Charles Leclerc wykręcił najszybszy czas w drugim treningu F1 przed GP Azerbejdżanu. Tym razem również działo się dużo, ale nie doszło do pokazania czerwonej flagi.

FP2 w pigułce:

- Leclerc z problemami i najlepszym czasem,
- sporo drobnych przygód,
- Norris bez pomiarowego kółka na softach,
- usterka Russella,
- Bearman i Colapinto blisko kolegów.

Kierowcy natychmiast zabrali się do pracy, a większość z nich pojawiła się na oponach pośrednich. Przygodę na początku zaliczył Lando Norris, który przestrzelił wierzchołek i musiał ratować się wyjazdem poza tor. Na niestabilność swojego samochodu narzekał też Max Verstappen. Chwilę po takim komunikacie Holender musiał ratować się bardzo mocnym hamowaniem i był o krok od uderzenia w bandę.

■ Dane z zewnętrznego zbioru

// The readers of units: a unit is read from its first symbol on, and the symbol behind it is handed on. A fault goes on
// as a faulty symbol, which no reader takes; the unit's end finds it.
#![tactic(auto)]

ghost use Rattle.std.specs.Prelude.{◌≡◌, true, cond, ◌||◌, List, ℕ, ◌*◌, ◌≤◌, length, eqb};
ghost use Rattle.rules.specs.Names.{sort_number};
ghost use Rattle.rules.specs.Units.{header_unit, model_unit, topic_unit, class_sort, class_unit, domain_unit};
ghost use Rattle.rules.specs.Units.{unit_unit};
ghost use Rattle.rules.specs.Units.{attribute_unit, end_unit, body_end, body_unit, member_unit};
ghost use Rattle.rules.specs.Units.{unit_at};
ghost use Rattle.readers.specs.Reads.{Held, Reads};
ghost use Rattle.units.specs.Steps.{around_of, run_of, behind_of, place_of, end_mark, language, anything};
ghost use Rattle.units.specs.Steps.{run_unit, Steps, ended_of};

use ground::{Name, Reference, sorts};
use parts::types::Written;
use parts::{Owner, Properties};
use readers::{expect, name_of};
use symbols::Symbol;

// The run that is open: none, of domains, of units of numbers.
#[derive(Clone, Copy)]
pub enum Run {
    Nothing,
    Domains,
    Units,
}

// Where the next unit stands: before the header; behind it; in the model or a topic, perhaps in a run; in a class,
// perhaps right after its head; behind the model's END.
#[derive(Clone, Copy)]
pub enum Where {
    Start,
    AfterHeader,
    Body { topic: bool, run: Run },
    Members { topic: bool, first: bool },
    Over,
}

// The model's name, and where the strings behind AT and VERSION stand.
#[derive(Clone, Copy)]
pub struct ModelHead {
    pub name: Name,
    pub address: Name,
    pub version: Name,
}

// Of a class, a structure or a unit of numbers, by the number of its sort: fixed memory, the rows of the index of
// definitions, holds sorts as numbers.
#[derive(Clone, Copy)]
pub struct Head {
    pub sort: usize,
    pub name: Name,
    pub properties: Properties,
    pub base: Option<Reference>,
}

#[derive(Clone, Copy)]
pub struct DomainUnit {
    pub name: Name,
    pub properties: Properties,
    pub base: Option<Reference>,
    pub written: Written,
}

#[derive(Clone, Copy)]
pub struct AttributeUnit {
    pub name: Name,
    pub properties: Properties,
    pub written: Written,
}

// The header's number; names of a topic and after END; a unit of numbers is a measure; DOMAIN, UNIT, ATTRIBUTE and the
// end of the text are marks.
#[derive(Clone, Copy)]
pub enum Unit {
    Header(Name),
    Model(ModelHead),
    Topic(Name),
    Class(Head),
    Domain(DomainUnit),
    Attribute(AttributeUnit),
    Measure(Head),
    Close(Name),
    Mark,
}

// A unit, where the next one stands and its first symbol. Where the next one stands comes first: behind the unit it
// would leave bytes empty before the symbol.
#[derive(Clone, Copy)]
pub struct UnitRead {
    pub at: Where,
    pub unit: Unit,
    pub next: Symbol,
}

// The unit's last symbol, which is to have the code; else it is the symbol that keeps the unit from being read.
fn ended(text: &[u8], y: Symbol, code: u32, unit: Unit, at: Where) -> Result<UnitRead, Symbol>
    ensures { result ≡ ended_of text.now y code unit at }
{
    if y.code != code {
        return Err(y);
    }
    Ok(UnitRead {
        at,
        unit,
        next: y.next.next(text),
    })
}

fn header(text: &[u8], y: Symbol) -> Result<UnitRead, Symbol>
    ensures { (o : List ℕ) → Steps text.now o o header_unit y result }
{
    let number = expect(text, y, readers::INTERLIS);
    let end = expect(text, number, readers::NUMBER);
    let unit = Unit::Header(name_of(number));
    ended(text, end, readers::SEMICOLON, unit, Where::AfterHeader)
}

// A name in parentheses, if there is one.
fn language_part(text: &[u8], y: Symbol) -> Symbol
    ensures { Reads text.now language anything y result }
{
    if y.code == readers::ROUND {
        let name = expect(text, y, readers::ROUND);
        let close = expect(text, name, readers::NAME);
        return expect(text, close, readers::CLOSE);
    }
    y
}

fn model(text: &[u8], y: Symbol) -> Result<UnitRead, Symbol>
    ensures { (o : List ℕ) → Steps text.now o o model_unit y result }
{
    let name = expect(text, y, readers::MODEL);
    let behind = expect(text, name, readers::NAME);
    let behind = language_part(text, behind);
    let address = expect(text, behind, readers::AT);
    let behind = expect(text, address, readers::QUOTED);
    let version = expect(text, behind, readers::VERSION);
    let end = expect(text, version, readers::QUOTED);
    let head = ModelHead {
        name: name_of(name),
        address: name_of(address),
        version: name_of(version),
    };
    let at = Where::Body {
        topic: false,
        run: Run::Nothing,
    };
    ended(text, end, readers::EQUALS, Unit::Model(head), at)
}

fn topic(text: &[u8], y: Symbol) -> Result<UnitRead, Symbol>
    ensures { (o : List ℕ) → Steps text.now o o topic_unit y result }
{
    let name = expect(text, y, readers::TOPIC);
    let end = expect(text, name, readers::NAME);
    let at = Where::Body {
        topic: true,
        run: Run::Nothing,
    };
    let unit = Unit::Topic(name_of(name));
    ended(text, end, readers::EQUALS, unit, at)
}

fn class_sort(structure: bool) -> usize
    ensures { result ≡ sort_number (class_sort structure) }
{
    if structure {
        sorts::STRUCTURE
    } else {
        sorts::CLASS
    }
}

// CLASS or STRUCTURE, which is y.
fn class(text: &[u8], y: Symbol, in_topic: bool) -> Result<UnitRead, Symbol>
    requires { Held text.now y }
    ensures { (o : List ℕ) → (eqb y.code 69 || eqb y.code 70) ≡ true
        → Steps text.now o o (class_unit (around_of in_topic)) y result }
{
    let name = expect(text, y, y.code);
    let behind = expect(text, name, readers::NAME);
    let properties = parts::read_properties(text, behind, Owner::Definition);
    let base = parts::read_extends(text, properties.next);
    let head = Head {
        sort: class_sort(y.code == readers::STRUCTURE),
        name: name_of(name),
        properties: properties.value,
        base: base.value,
    };
    let at = Where::Members {
        topic: in_topic,
        first: true,
    };
    ended(text, base.next, readers::EQUALS, Unit::Class(head), at)
}

fn domain(text: &[u8], scratch: &mut [u8], y: Symbol, in_topic: bool) -> Result<UnitRead, Symbol>
    requires held { Held text.now y }
    requires text_in_bounds { 3 * length text.now ≤ length scratch.old }
    ensures { Steps text.now scratch.old scratch.new
        (domain_unit (around_of in_topic)) y result }
{
    let behind = expect(text, y, readers::NAME);
    let properties = parts::read_properties(text, behind, Owner::Definition);
    let base = parts::read_extends(text, properties.next);
    let first = expect(text, base.next, readers::EQUALS);
    let written = parts::types::read_written(text, scratch, first, base.value.is_some(), false);
    let unit = DomainUnit {
        name: name_of(y),
        properties: properties.value,
        base: base.value,
        written: written.value,
    };
    let at = Where::Body {
        topic: in_topic,
        run: Run::Domains,
    };
    ended(
        text,
        written.next,
        readers::SEMICOLON,
        Unit::Domain(unit),
        at,
    )
}

fn measure(text: &[u8], y: Symbol, in_topic: bool) -> Result<UnitRead, Symbol>
    requires { Held text.now y }
    ensures { (o : List ℕ) → Steps text.now o o (unit_unit (around_of in_topic)) y result }
{
    let behind = expect(text, y, readers::NAME);
    let properties = parts::read_properties(text, behind, Owner::Measure);
    let base = parts::read_extends(text, properties.next);
    let head = Head {
        sort: sorts::UNIT,
        name: name_of(y),
        properties: properties.value,
        base: base.value,
    };
    let at = Where::Body {
        topic: in_topic,
        run: Run::Units,
    };
    ended(text, base.next, readers::SEMICOLON, Unit::Measure(head), at)
}

fn attribute(text: &[u8], scratch: &mut [u8], y: Symbol, in_topic: bool) -> Result<UnitRead, Symbol>
    requires held { Held text.now y }
    requires text_in_bounds { 3 * length text.now ≤ length scratch.old }
    ensures { Steps text.now scratch.old scratch.new
        (attribute_unit (around_of in_topic)) y result }
{
    let behind = expect(text, y, readers::NAME);
    let properties = parts::read_properties(text, behind, Owner::Attribute);
    let first = expect(text, properties.next, readers::COLON);
    let extended = properties.value.extended;
    let written = parts::types::read_written(text, scratch, first, extended, true);
    let unit = AttributeUnit {
        name: name_of(y),
        properties: properties.value,
        written: written.value,
    };
    let at = Where::Members {
        topic: in_topic,
        first: false,
    };
    ended(
        text,
        written.next,
        readers::SEMICOLON,
        Unit::Attribute(unit),
        at,
    )
}

// Behind END and the name: the model's END is the last.
fn end_mark(last: bool) -> u32
    ensures { result ≡ cond last 46 59 }
{
    if last {
        readers::DOT
    } else {
        readers::SEMICOLON
    }
}

fn close(text: &[u8], y: Symbol, last: bool, at: Where) -> Result<UnitRead, Symbol>
    ensures { (o : List ℕ) → Steps text.now o o (end_unit (end_mark last) (place_of at)) y result }
{
    let name = expect(text, y, readers::END);
    let end = expect(text, name, readers::NAME);
    let unit = Unit::Close(name_of(name));
    ended(text, end, end_mark(last), unit, at)
}

// A topic ends with `;`, the model with `.`.
fn body_end(text: &[u8], y: Symbol, in_topic: bool) -> Result<UnitRead, Symbol>
    ensures { (o : List ℕ) → Steps text.now o o (body_end (around_of in_topic)) y result }
{
    if in_topic {
        let at = Where::Body {
            topic: false,
            run: Run::Nothing,
        };
        return close(text, y, false, at);
    }
    close(text, y, true, Where::Over)
}

// A unit that begins with no word of its own, by the run that is open, or the end.
fn run_unit(
    text: &[u8],
    scratch: &mut [u8],
    y: Symbol,
    in_topic: bool,
    run: Run,
) -> Result<UnitRead, Symbol>
    requires held { Held text.now y }
    requires text_in_bounds { 3 * length text.now ≤ length scratch.old }
    ensures { Steps text.now scratch.old scratch.new
        (run_unit (around_of in_topic) (run_of run)) y result }
{
    match run {
        Run::Domains if y.code == readers::NAME => domain(text, scratch, y, in_topic),
        Run::Units if y.code == readers::NAME => measure(text, y, in_topic),
        _ => body_end(text, y, in_topic),
    }
}

fn body_unit(
    text: &[u8],
    scratch: &mut [u8],
    y: Symbol,
    in_topic: bool,
    run: Run,
) -> Result<UnitRead, Symbol>
    requires held { Held text.now y }
    requires text_in_bounds { 3 * length text.now ≤ length scratch.old }
    ensures { Steps text.now scratch.old scratch.new
        (body_unit (around_of in_topic) (run_of run)) y result }
{
    match y.code {
        readers::TOPIC if !in_topic => topic(text, y),
        readers::CLASS | readers::STRUCTURE => class(text, y, in_topic),
        readers::DOMAIN => {
            let at = Where::Body {
                topic: in_topic,
                run: Run::Domains,
            };
            ended(text, y, readers::DOMAIN, Unit::Mark, at)
        }
        readers::UNIT => {
            let at = Where::Body {
                topic: in_topic,
                run: Run::Units,
            };
            ended(text, y, readers::UNIT, Unit::Mark, at)
        }
        _ => run_unit(text, scratch, y, in_topic, run),
    }
}

fn member_unit(
    text: &[u8],
    scratch: &mut [u8],
    y: Symbol,
    in_topic: bool,
    first: bool,
) -> Result<UnitRead, Symbol>
    requires held { Held text.now y }
    requires text_in_bounds { 3 * length text.now ≤ length scratch.old }
    ensures { Steps text.now scratch.old scratch.new
        (member_unit (around_of in_topic) (behind_of first)) y result }
{
    match y.code {
        readers::ATTRIBUTE if first => {
            let at = Where::Members {
                topic: in_topic,
                first: false,
            };
            ended(text, y, readers::ATTRIBUTE, Unit::Mark, at)
        }
        readers::NAME => attribute(text, scratch, y, in_topic),
        _ => {
            let at = Where::Body {
                topic: in_topic,
                run: Run::Nothing,
            };
            close(text, y, false, at)
        }
    }
}

// The unit that stands at y. The scratch has three bytes for a byte of text.
pub fn read_unit(text: &[u8], scratch: &mut [u8], at: Where, y: Symbol) -> Result<UnitRead, Symbol>
    requires held { Held text.now y }
    requires text_in_bounds { 3 * length text.now ≤ length scratch.old }
    ensures { Steps text.now scratch.old scratch.new
        (unit_at (place_of at)) y result }
{
    match at {
        Where::Start => header(text, y),
        Where::AfterHeader => model(text, y),
        Where::Body { topic, run } => body_unit(text, scratch, y, topic, run),
        Where::Members { topic, first } => member_unit(text, scratch, y, topic, first),
        Where::Over => ended(text, y, readers::STOP, Unit::Mark, Where::Over),
    }
}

Po tym, jak do gry wrócił Charles Leclerc, który rozbił się w FP1, Ferrari napotkało nowe problemy. Monakijczyk najpierw nie złożył się odpowiednio w zakręt, a następnie zaliczył delikatną obcierkę. W pewnym momencie zaczął domagać się sprawdzenia bolidu i ostentacyjnie zrezygnował z dalszej jazdy, podejrzewając jakiś defekt. W związku z tym przy jego garażu ustawiła się ludzka ściana, zasłaniająca rozebrane auto.

Na torze pojawił się Franco Colapinto, który również przysporzył mechanikom sporo pracy przez poranną kraksę. Tym kierowcą, który długo przebywał w garażu, był George Russell. U Brytyjczyka zdecydowano się na zapobiegawczą wymianę jednostki napędowej. Niestety na koniec sesji zawodnik ponownie napotkał usterkę.

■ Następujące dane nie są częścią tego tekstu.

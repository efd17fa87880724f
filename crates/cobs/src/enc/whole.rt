//! Encoding a whole message.
ghost use Rattle.std.specs.Prelude.{◌≡◌, ◌+◌, ◌<◌, ◌≤◌, ◌↔◌, length, take, IsTrue, IfOk, OnOk, OnErr};
ghost use Rattle.cobs.specs.Frames.{NoZero, shortest_frame, most_length};
ghost use Rattle.cobs.specs.Sentinel.{between_zeros, frame_for};

use super::DestBufTooSmallError;
use crate::codes::{Place, put_all};
use crate::max_encoding_length;
use crate::moves::is_clear_255;
use memchr::memrchr;
use std::alloc::{AllocError, Global};

/// Encodes a message into `dest`, and returns the length of its shortest frame.
///
/// The bytes of `dest` after the frame aren't specified.
///
/// # Requires
/// `dest` has at least `encoded_length(source)` bytes; `max_encoding_length(source.len())` always suffices
/// (`laws::lengths`).
///
/// # Example
/// With `MESSAGE` as `[10, 11, 0, 12]`, whose frame is `[3, 10, 11, 2, 12]`:
/// ```rust
/// let mut room = [0u8; 8];
/// check(&rt, cobs::encode(&MESSAGE, &mut room) == 5);
/// ```
pub fn encode(source: &[u8], dest: &mut [u8]) -> usize
    requires { length (shortest_frame source.now) ≤ length dest.old }
    ensures length { result ≡ length (shortest_frame source.now) }
    ensures frame { take result dest.new ≡ shortest_frame source.now }
{
    encode_with_sentinel(source, dest, 0)
}

/// Encodes a message between two zeros, and returns the length with both.
///
/// The bytes of `dest` after them aren't specified.
///
/// # Requires
/// `dest` has at least `encoded_length(source) + 2` bytes.
pub fn encode_including_sentinels(source: &[u8], dest: &mut [u8]) -> usize
    requires { length (shortest_frame source.now) + 2 ≤ length dest.old }
    ensures length { result ≡ length (shortest_frame source.now) + 2 }
    ensures frame { take result dest.new ≡ between_zeros (shortest_frame source.now) }
{
    dest[0] = 0;
    let n = encode(source, &mut dest[1..]);
    dest[n + 1] = 0;
    n + 2
}

/// Encodes as [`encode`], with every byte of the frame XORed with `sentinel`, and returns the frame's length.
///
/// No byte of the frame is the sentinel.
///
/// # Requires
/// `dest` has at least `encoded_length(source)` bytes.
#[inline(always)]
pub fn encode_with_sentinel(source: &[u8], dest: &mut [u8], sentinel: u8) -> usize
    requires { length (shortest_frame source.now) ≤ length dest.old }
    ensures length { result ≡ length (shortest_frame source.now) }
    ensures frame { take result dest.new ≡ frame_for sentinel source.now }
{
    dest[0] = sentinel ^ 1;
    let end = put_all::<1>(dest, Place { code_at: 0, len: 1 }, source, sentinel);
    end.len
}

/// Returns the length of the shortest frame of `source`: exactly what [`encode`] needs.
///
/// It is at least n + 1 for a message of n bytes, and at most `max_encoding_length(n)`, which a message without zeros
/// has.
///
/// # Example
/// ```rust
/// check(&rt, encoded_length(&[10, 11, 0, 12]) == 5);
/// ```
#[inline(always)]
#[tactic(auto, using(crate::proofs::LengthsLemmas::frame_at_least, crate::proofs::LengthsLemmas::frame_at_most, crate::proofs::LengthsLemmas::frame_reaches))]
pub fn encoded_length(source: &[u8]) -> usize
    ensures frame { result ≡ length (shortest_frame source.now) }
    ensures at_least { length source.now + 1 ≤ result }
    ensures at_most { result ≤ most_length (length source.now) }
    ensures without_zero { NoZero source.now → result ≡ most_length (length source.now) }
{
    // One code suffices for up to 254 bytes.
    let one_block = source.len() + 1;
    if one_block <= 255 {
        return one_block;
    }
    length_of_blocks(source)
}

// The same, of a source of any length.
#[inline(never)]
fn length_of_blocks(source: &[u8]) -> usize
    ensures { result ≡ length (shortest_frame source.now) }
{
    let mut full_runs: usize = 0;
    let mut rest = source;
    // A byte after 254 nonzero ones costs another code. Every other code except the first replaces a zero.
    while rest.len() > 254 {
        let (run, behind) = rest.split_at(254);
        // A full run is recognised at once.
        if is_clear_255(&rest[..255], 0) {
            full_runs += 1;
            rest = behind;
            continue;
        }
        rest = match memrchr(0, run) {
            Some(zero) => &rest[zero + 1..],
            None => {
                full_runs += 1;
                behind
            }
        };
    }
    source.len() + 1 + full_runs
}

// Whether the frame of `source` fits `room` bytes. Its length is counted only if its bounds don't decide that.
#[tactic(auto, using(crate::proofs::LengthsLemmas::frame_at_least, crate::proofs::LengthsLemmas::frame_at_most))]
fn fits(source: &[u8], room: usize) -> bool
    ensures { IsTrue result ↔ (length (shortest_frame source.now) ≤ room) }
{
    let n = source.len();
    // One more byte suffices for up to 254.
    n < room && (n <= 254 || max_encoding_length(n) <= room || encoded_length(source) <= room)
}

/// Encodes a message into `dest`, and returns the length of its shortest frame.
///
/// # Errors
/// `DestBufTooSmallError` exactly if the frame doesn't fit; `dest` is unchanged.
///
/// # Example
/// With `MESSAGE` as `[10, 11, 0, 12]`:
/// ```rust
/// let tried = cobs::try_encode(&MESSAGE, &mut room);
/// check(&rt, matches!(&tried, Ok(5)));
/// ```
pub fn try_encode(source: &[u8], dest: &mut [u8]) -> Result<usize, DestBufTooSmallError>
    ensures fits { OnOk result (length (shortest_frame source.now) ≤ length dest.old) }
    ensures length { IfOk result (λ n. n ≡ length (shortest_frame source.now)) }
    ensures frame { IfOk result (λ n. take n dest.new ≡ shortest_frame source.now) }
    ensures too_small { OnErr result (length dest.old < length (shortest_frame source.now)) }
    ensures unchanged { OnErr result (dest.new ≡ dest.old) }
{
    if !fits(source, dest.len()) {
        return Err(DestBufTooSmallError);
    }
    Ok(encode(source, dest))
}

/// Encodes a message between two zeros, and returns the length with both.
///
/// # Errors
/// `DestBufTooSmallError` exactly if the frame and its two zeros don't fit; `dest` is unchanged.
pub fn try_encode_including_sentinels(
    source: &[u8],
    dest: &mut [u8],
) -> Result<usize, DestBufTooSmallError>
    ensures fits { OnOk result (length (shortest_frame source.now) + 2 ≤ length dest.old) }
    ensures length { IfOk result (λ n. n ≡ length (shortest_frame source.now) + 2) }
    ensures frame { IfOk result (λ n. take n dest.new ≡ between_zeros (shortest_frame source.now)) }
    ensures too_small { OnErr result (length dest.old < length (shortest_frame source.now) + 2) }
    ensures unchanged { OnErr result (dest.new ≡ dest.old) }
{
    if dest.len() < 2 || !fits(source, dest.len() - 2) {
        return Err(DestBufTooSmallError);
    }
    Ok(encode_including_sentinels(source, dest))
}

/// Returns the shortest frame of `source` in a new vector.
///
/// # Errors
/// `AllocError` when out of memory.
///
/// # Allocates
/// `max_encoding_length(source.len())` bytes, once: the frame's length for up to 254 bytes, and at most a byte more for
/// each 254. So the source is read once.
///
/// # Example
/// With `MESSAGE` as `[10, 11, 0, 12]`:
/// ```rust
/// let plain = cobs::encode_vec(alloc, &MESSAGE);
/// wants.bytes(plain, AllocError, &[3, 10, 11, 2, 12]);
/// ```
pub fn encode_vec(alloc: Global, source: &[u8]) -> Result<Vec<u8>, AllocError>
    ensures { IfOk result (λ frame. frame.items ≡ shortest_frame source.now) }
{
    encode_vec_with_sentinel(alloc, source, 0)
}

/// Returns the shortest frame of `source` between two zeros, in a new vector.
///
/// # Errors
/// `AllocError` when out of memory.
///
/// # Allocates
/// `max_encoding_length(source.len())` and two bytes, once.
pub fn encode_vec_including_sentinels(alloc: Global, source: &[u8]) -> Result<Vec<u8>, AllocError>
    ensures { IfOk result (λ frame. frame.items ≡ between_zeros (shortest_frame source.now)) }
{
    let mut frame = vec![in alloc; 0; max_encoding_length(source.len()) + 2]?;
    let length = encode_including_sentinels(source, frame.as_mut_slice());
    frame.truncate(length);
    Ok(frame)
}

/// Returns the shortest frame of `source` in a new vector, every byte XORed with `sentinel`.
///
/// # Errors
/// `AllocError` when out of memory.
///
/// # Allocates
/// As [`encode_vec`].
pub fn encode_vec_with_sentinel(
    alloc: Global,
    source: &[u8],
    sentinel: u8,
) -> Result<Vec<u8>, AllocError>
    ensures { IfOk result (λ frame. frame.items ≡ frame_for sentinel source.now) }
{
    let mut frame = vec![in alloc; 0; max_encoding_length(source.len())]?;
    let length = encode_with_sentinel(source, frame.as_mut_slice(), sentinel);
    frame.truncate(length);
    Ok(frame)
}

Gdy zespoły postanowiły sprawdzić tempo na jednym okrążeniu, bardzo szybko jechał Verstappen, ale pod koniec stracił za dużo. Chwilę później przed panującego mistrza wskoczył Piastri. Australijczyk tracił do najlepszego czasu jedynie 0.033 sekundy. Atomowe kółko przejechał Perez, który w porannej sesji także pokazywał dobre tempo. Meksykanin włożył drugiemu Sainzowi aż 0,460 sekundy.

Swojego okrążenia na softach nie poskładał za to Norris, ponieważ przeszkodził mu Gasly. Francuz tłumaczył się problemami z baterią i przeprosił za utrudnianie pracy reprezentantowi McLarena. 

Ponownie obserwowaliśmy problemy Colapinto. Argentyńczyk przeszarżował w sekcji zamkowej i prawym tylnym kołem zahaczył o bandę. Zawodnik Williamsa pojechał dalej, lecz od razu zanurkował do alei serwisowej.

Na 20 minut przed końcem sesji na P2 zameldował się Hamilton, tracąc do Pereza jedynie 0.060 sekundy. Trzeba jednak odnotować, że Brytyjczyk znacznie później pokonał okrążenie. Jedynymi kierowcami, którzy wciąż pozostawali bez szybkiej próby, byli Leclerc, Norris i Russell. Warty odnotowania jest również fakt, że podobnie jak w FP1 Bearman i Hulkenberg byli bardzo blisko siebie. Identyczna sytuacja miała miejsce w Williamsie.

Przejazd w ostatnim kwadransie treningu w końcu poskładał Leclerc. Monakijczyk wskoczył na FP1 i choć przewaga nad Checo była znikoma, to wystarczyła, aby zakończyć trudny dzień - przeplatany kraksą, uślizgami tuż pod ścianą i problemami z bolidem - na szczycie tabeli. 

Końcówka sesji przebiegała pod znakiem sprawdzania tempa wyścigowego, lecz akcji nie brakowało. Hamilton postanowił nie patrzeć w lusterka, gdy za sobą miał Leclerca, a zawodnicy dalej próbowali sprawdzić przyczepność, czasem nawet poza torem.

Finisz treningu przyniósł nam incydent Pereza z Sainzem. Hiszpan zablokował Meksykanina i tylko refleks Checo pozwolił uniknąć niebezpiecznej kolizji. Sędziowie natychmiast poinformowali, iż odnotowali to zdarzenie.